§ PROBLEM DETAILS:
Return the run of lines below that opens with the line containing "fn push_places(out: &mut" and closes with the line containing "pub fn places<N: Num>(alloc: Global, parts: &[Part<Cell<N>>])", keeping each one exact.

Stored data entries
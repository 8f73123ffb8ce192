//! Places of Left and Right cells that are surely the same.

ghost use Rattle.std.specs.Prelude.{◌≡◌, ◌++◌, ◌∷◌, [], Some, IfOk, OnOk, IfSome, IfNone};
ghost use Rattle.std.specs.Option.{option_map};
ghost use Rattle.ep_cells.specs.States.{HaveCellsAlike};
ghost use Rattle.ep_cells.specs.Reshare.{cell_from, places};
ghost use Rattle.ep_shared_parts.specs.Spread.{outlines, all_items, AreSpread};
ghost use Rattle.ep_shared_parts.specs.Mentions.{number_of};
ghost use Rattle.ep_cell_parts.specs.Alike.{is_same_pair, is_same_at, are_different};

use ep_bitslice::Side;
use ep_cell_changes::reshare::{self, are_same};
use ep_cell_rows::places::{is_same_cell, is_same_side};
use ep_cells::Cell;
use ep_domain::Num;
use ep_int::Memory;
use ep_shared_parts::numbers::number_at;
use ep_shared_parts::parts::{Part, window};
use ep_shared_parts::walks::{At, next};
use std::alloc::Global;

fn push_places(out: &mut Vec<(u32, u32)>, more: &[(u32, u32)]) -> Result<(), Memory>
    ensures { OnOk result (out.new.items ≡ out.old.items ++ more.now) }
{
    out.extend_from_slice(more).map_err(|_| Memory)
}

/// The places at which Left cells begin.
pub fn places<N: Num>(alloc: Global, parts: &[Part<Cell<N>>]) -> Result<Vec<(u32, u32)>, Memory>
    ensures { IfOk result (λ v. v.items ≡ places (all_items parts.now)) }
{
    let mut out = Vec::new(alloc);
    for part in parts {
        let more = reshare::places(alloc, &part.items)?;
        push_places(&mut out, &more)?;
    }
    Ok(out)
}

fn push_place<N: Num>(out: &mut Vec<(u32, u32)>, c: &Cell<N>) -> Result<(), Memory>
    ensures { OnOk result (out.new.items ≡ out.old.items ++ places (c.now ∷ [])) }
{
    if is_same_side(c.side, Side::Left) {
        out.push((c.block, c.offset)).map_err(|_| Memory)
    } else {
        Ok(())
    }
}

/// The places at which Left cells begin, where the others are cells of the same sides, places and types.
pub fn places_alike<N: Num>(
    alloc: Global,
    xs: &[Part<Cell<N>>],
    ys: &[Part<Cell<N>>],
) -> Result<Option<Vec<(u32, u32)>>, Memory>
    ensures places { IfOk result (λ o. IfSome o (λ v. v.items ≡ places (all_items xs.now))) }
    ensures alike { IfOk result (λ o. IfSome o (λ _. HaveCellsAlike (all_items xs.now) (all_items ys.now))) }
    ensures unlike { IfOk result (λ o. IfNone o (HaveCellsAlike (all_items xs.now) (all_items ys.now) → ⊥)) }
{
    let mut out = Vec::new(alloc);
    let mut a = At { part: 0, item: 0 };
    let mut b = At { part: 0, item: 0 };
    loop {
        let Some(x) = next(xs, a) else {
            return match next(ys, b) {
                None => Ok(Some(out)),
                Some(_) => Ok(None),
            };
        };
        let Some(y) = next(ys, b) else {
            return Ok(None);
        };
        if !is_same_cell(x.0, y.0) {
            return Ok(None);
        }
        push_place(&mut out, x.0)?;
        a = x.1;
        b = y.1;
    }
}

fn cell_in<N: Num>(side: Side, block: u32, offset: u32, parts: &[Part<Cell<N>>]) -> Option<&Cell<N>>
    ensures { option_map (λ c. c.now) result ≡ cell_from side block offset (all_items parts.now) }
{
    for part in parts {
        if let Some(x) = reshare::cell_from(side, block, offset, &part.items) {
            return Some(x);
        }
    }
    None
}

/// The cell of a side that begins at an offset. Takes no memory.
pub fn cell_from<N: Num>(
    side: Side,
    block: u32,
    offset: u32,
    parts: &[Part<Cell<N>>],
) -> Option<&Cell<N>>
    requires { AreSpread (outlines number_of parts.now) }
    ensures { option_map (λ c. c.now) result ≡ cell_from side block offset (all_items parts.now) }
{
    let at = number_at(block, offset);
    cell_in(side, block, offset, window(parts, at, at))
}

fn is_same_as<N: Num>(l: &Cell<N>, r: Option<&Cell<N>>) -> bool
    ensures { result ≡ is_same_pair N.ops (Some l.now) (option_map (λ c. c.now) r.entry) }
{
    match r {
        None => false,
        Some(r) => are_same(l, r),
    }
}

fn is_same_pair<N: Num>(l: Option<&Cell<N>>, r: Option<&Cell<N>>) -> bool
    ensures { result ≡ is_same_pair N.ops (option_map (λ c. c.now) l.entry) (option_map (λ c. c.now) r.entry) }
{
    match l {
        None => false,
        Some(l) => is_same_as(l, r),
    }
}

fn is_same_at<N: Num>(block: u32, offset: u32, parts: &[Part<Cell<N>>]) -> bool
    requires { AreSpread (outlines number_of parts.now) }
    ensures { result ≡ is_same_at N.ops block offset (all_items parts.now) }
{
    let l = cell_from(Side::Left, block, offset, parts);
    let r = cell_from(Side::Right, block, offset, parts);
    is_same_pair(l, r)
}

/// Whether at none of the places there are Left and Right cells that are surely the same.
pub fn are_different<N: Num>(places: &[(u32, u32)], parts: &[Part<Cell<N>>]) -> bool
    requires { AreSpread (outlines number_of parts.now) }
    ensures { result ≡ are_different N.ops (all_items parts.now) places.now }
{
    for p in places {
        if is_same_at(p.0, p.1, parts) {
            return false;
        }
    }
    true
}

§ SOLUTION:
fn push_places(out: &mut Vec<(u32, u32)>, more: &[(u32, u32)]) -> Result<(), Memory>
    ensures { OnOk result (out.new.items ≡ out.old.items ++ more.now) }
{
    out.extend_from_slice(more).map_err(|_| Memory)
}

/// The places at which Left cells begin.
pub fn places<N: Num>(alloc: Global, parts: &[Part<Cell<N>>]) -> Result<Vec<(u32, u32)>, Memory>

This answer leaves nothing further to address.